陆怀清平静道:“你既然都清楚,为何还要问我?”
秦少游神色一肃:“陆先生也认为,依循那位的命令行事,虽然能获得武运,却也是一种无形的自我束缚?”
陆怀清摇头,认真道:“不,我的意思是,你已经不可能在这座洞天中,成为鱼吞舟的对手了。”

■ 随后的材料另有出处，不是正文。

/// Draws the frames that a purse lacks for so many absent tables.
pub(crate) fn gather<F: Format, H: Holder<F>>(holder: &mut H, absent: u64) -> Result<(), MapRefused>
    requires { (H.view holder.old).prepared ≡ None }
    ensures stays { Stays H.space H.aside H.alone holder.old holder.new }
    ensures gathers { Gathers H.tells (H.alone holder.old) (linked_count (H.view holder.old) (H.aside holder.old))
        (H.view holder.old) (H.view holder.new) absent result }
{
    let held = u64::from(holder.purse());
    if absent <= held {
        return Ok(());
    }
    if absent <= u64::from(holder.frames()) {
        draw::<F, H>(holder, (absent - held) as u32);
    }
    let held = holder.purse();
    if absent > u64::from(held) {
        Err(MapRefused::NoFrames { absent, held })
    } else {
        Ok(())
    }
}

/// Maps an extent of any blocks from the path's last table, of this level, or refuses it. Where the caller knows that the
/// extent is under `one` entry, and the level is 1, no loop is made over its parts.
#[inline(always)]
fn map_by<F: Format, H: Holder<F>>(
    holder: &mut H,
    level: u32,
    extent: Extent,
    one: bool,
) -> Result<(), MapRefused>
    requires may { MayMapBelow F.layout (H.view holder.old) extent level }
    requires one { IsTrue one → (level ≡ 1) × IsEntryExtent F.layout extent level }
    ensures stays { Stays H.space H.aside H.alone holder.old holder.new }
    ensures ends { EndsBelow F.layout H.tells (H.alone holder.old) (linked_count (H.view holder.old) (H.aside holder.old))
        (H.view holder.old) (H.view holder.new) extent level result }
{
    let cap = u64::from(holder.frames()) + 1;
    match survey_by::<F, H>(holder, level, extent, cap, one) {
        Found::Mapped { page } => Err(MapRefused::Occupied {
            address: byte_of::<F>(page),
        }),
        Found::Absent { count, tables } => {
            gather::<F, H>(holder, count)?;
            make_way::<F, H>(holder, level, extent, tables);
            fill_by::<F, H>(holder, level, extent, one);
            Ok(())
        }
    }
}

/// The same of any extent.
#[inline(never)]
fn map_below<F: Format, H: Holder<F>>(
    holder: &mut H,
    level: u32,
    extent: Extent,
) -> Result<(), MapRefused>
    requires { MayMapBelow F.layout (H.view holder.old) extent level }
    ensures stays { Stays H.space H.aside H.alone holder.old holder.new }
    ensures ends { EndsBelow F.layout H.tells (H.alone holder.old) (linked_count (H.view holder.old) (H.aside holder.old))
        (H.view holder.old) (H.view holder.new) extent level result }
{
    map_by::<F, H>(holder, level, extent, false)
}

/// The same, for an extent that is a run of so many equal blocks of that table: it needs no further table.
#[inline(always)]
fn map_run<F: Format, H: Holder<F>>(
    holder: &mut H,
    level: u32,
    extent: Extent,
    log2: u32,
    count: u64,
) -> Result<(), MapRefused>
    requires may { MayMapBelow F.layout (H.view holder.old) extent level }
    requires run { IsRunOf F.layout extent log2 level count }
    ensures stays { Stays H.space H.aside H.alone holder.old holder.new }
    ensures ends { EndsBelow F.layout H.tells (H.alone holder.old) (linked_count (H.view holder.old) (H.aside holder.old))
        (H.view holder.old) (H.view holder.new) extent level result }
{
    let under = look_below::<F, H>(holder, level, extent.first, extent.end);
    if let Under::Mapped { page } = under {
        return Err(MapRefused::Occupied {
            address: byte_of::<F>(page),
        });
    }
    // what the purse tells of the account of frames is part of the answer
    let _held = holder.purse();
    make_way::<F, H>(holder, level, extent, under.has_tables());
    fill_run::<F, H>(holder, level, extent, log2, count);
    Ok(())
}

/// The same, for an extent whose first block is one of that table, of `2^log2` pages.
#[inline(always)]
fn map_level<F: Format, H: Holder<F>>(
    holder: &mut H,
    level: u32,
    extent: Extent,
    log2: u32,
) -> Result<(), MapRefused>
    requires may { MayMapBelow F.layout (H.view holder.old) extent level }
    requires size { log2 ≡ extents.first_size F.layout extent }
    requires small { log2 < 64 }
    requires high { F.layout.index * level ≤ log2 }
    ensures stays { Stays H.space H.aside H.alone holder.old holder.new }
    ensures ends { EndsBelow F.layout H.tells (H.alone holder.old) (linked_count (H.view holder.old) (H.aside holder.old))
        (H.view holder.old) (H.view holder.new) extent level result }
{
    let count = extent.run_under::<F>(level, log2);
    if extent.end - extent.first == count << log2 {
        map_run::<F, H>(holder, level, extent, log2, count)
    } else {
        map_below::<F, H>(holder, level, extent)
    }
}

/// The same, for an extent that is one block of several entries of that table.
#[inline(never)]
fn map_entries<F: Format, H: Holder<F>>(
    holder: &mut H,
    level: u32,
    extent: Extent,
    log2: u32,
) -> Result<(), MapRefused>
    requires may { MayMapBelow F.layout (H.view holder.old) extent level }
    requires block { IsBlockOf F.layout extent log2 level }
    ensures stays { Stays H.space H.aside H.alone holder.old holder.new }
    ensures ends { EndsBelow F.layout H.tells (H.alone holder.old) (linked_count (H.view holder.old) (H.aside holder.old))
        (H.view holder.old) (H.view holder.new) extent level result }
{
    map_run::<F, H>(holder, level, extent, log2, 1)
}

/// The same, for an extent that is one block of one entry of that table.
#[inline(always)]
fn map_entry<F: Format, H: Holder<F>>(
    holder: &mut H,
    level: u32,
    extent: Extent,
    log2: u32,
) -> Result<(), MapRefused>
    requires may { MayMapBelow F.layout (H.view holder.old) extent level }
    requires block { IsBlockOf F.layout extent log2 level }
    requires one { log2 ≡ F.layout.index * level }
    ensures stays { Stays H.space H.aside H.alone holder.old holder.new }
    ensures ends { EndsBelow F.layout H.tells (H.alone holder.old) (linked_count (H.view holder.old) (H.aside holder.old))
        (H.view holder.old) (H.view holder.new) extent level result }
{
    let under = first_at::<F, H>(holder, level, extent.first, extent.end);
    if let Under::Mapped { page } = under {
        return Err(MapRefused::Occupied {
            address: byte_of::<F>(page),
        });
    }
    // what the purse tells of the account of frames is part of the answer
    let _held = holder.purse();
    put_entry::<F, H>(holder, level, extent, log2, under.has_tables());
    Ok(())
}

/// The same, for an extent that is one block of that table: it needs no further table.
#[inline(always)]
fn map_block<F: Format, H: Holder<F>>(
    holder: &mut H,
    level: u32,
    extent: Extent,
    log2: u32,
) -> Result<(), MapRefused>
    requires may { MayMapBelow F.layout (H.view holder.old) extent level }
    requires block { IsBlockOf F.layout extent log2 level }
    ensures stays { Stays H.space H.aside H.alone holder.old holder.new }
    ensures ends { EndsBelow F.layout H.tells (H.alone holder.old) (linked_count (H.view holder.old) (H.aside holder.old))
        (H.view holder.old) (H.view holder.new) extent level result }
{
    if log2 == F::INDEX * level {
        // where the size is a constant, so is the level then
        map_entry::<F, H>(holder, log2 / F::INDEX, extent, log2)
    } else {
        map_entries::<F, H>(holder, level, extent, log2)
    }
}

/// Maps an extent from the path's last table, of this level, or refuses it. `log2` is the size of its first block.
#[inline(always)]
fn map_at<F: Format, H: Holder<F>>(
    holder: &mut H,
    level: u32,
    extent: Extent,
    log2: u32,
) -> Result<(), MapRefused>
    requires may { MayMapBelow F.layout (H.view holder.old) extent level }
    requires size { log2 ≡ extents.first_size F.layout extent }
    requires small { log2 < 64 }
    ensures stays { Stays H.space H.aside H.alone holder.old holder.new }
    ensures ends { EndsBelow F.layout H.tells (H.alone holder.old) (linked_count (H.view holder.old) (H.aside holder.old))
        (H.view holder.old) (H.view holder.new) extent level result }
{
    if log2 < F::INDEX * level {
        map_below::<F, H>(holder, level, extent)
    } else if extent.end - extent.first == 1 << log2 {
        map_block::<F, H>(holder, level, extent, log2)
    } else {
        map_level::<F, H>(holder, level, extent, log2)
    }
}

这么大一口武运吞入腹,鱼吞舟只要不死,他的对手就不会再是小镇上的任何一人。
……
小镇、河畔边。
原本议论纷纷的众人们,此刻竟齐齐噤了声,四下静得能听见河水潺潺流淌的声响。
短暂的沉寂后,他们互相以古怪的视线打量彼此,眼底藏着同样的震惊与疑惑,就好像在问——
你也听到了?
桥头,谢临川猛地一收折扇,面色冷凝,心中掠过一个不好的念头,沉甸甸压在心头。
敖细雨心直嘴快,满脸不理解道:“你们也听到了?我的对手是鱼吞舟,你们呢?”
“我也是。”曹蒹葭皱眉。
“我这边也是。”
片刻后,众人面面相觑,神色各异。
每个人的对手都是鱼吞舟?
谢临川深吸一口气道:“我现在就想知道,鱼兄听到的声音,是什么!”
……
月红衣神色凝重,原本的喜悦之色渐渐淡去。
所有人的目标都是鱼吞舟?
那位为何会下达这样的“任务”?
除非,那位认为当下的鱼吞舟,已经远远超越了他们所有人!
“张不虞,说句话。”月红衣低声道。
张不虞平静道:“显而易见,鱼吞舟就是那个倾吞所有武运之人。”
月红衣骤然反应过来,咬牙道:“北陈给他的果然不是【星火诀】!”
区区一门【星火诀】,哪来的这般本事!
难怪先前陈玄业会去寻鱼吞舟!
她立即在陆续聚集在河畔的众人中,搜寻陈玄业的身影。
张不虞沉吟片刻,摇头道:
“未必。”
“北陈若真有这等功法,为何不给自己族人修行,偏要扶持鱼吞舟?”
月红衣低声道:“你不知道?北陈据说寻到了上古人皇的墓地!说不定他们就是没把握,才先给鱼吞舟试一试,没想到直接脱离掌控了。”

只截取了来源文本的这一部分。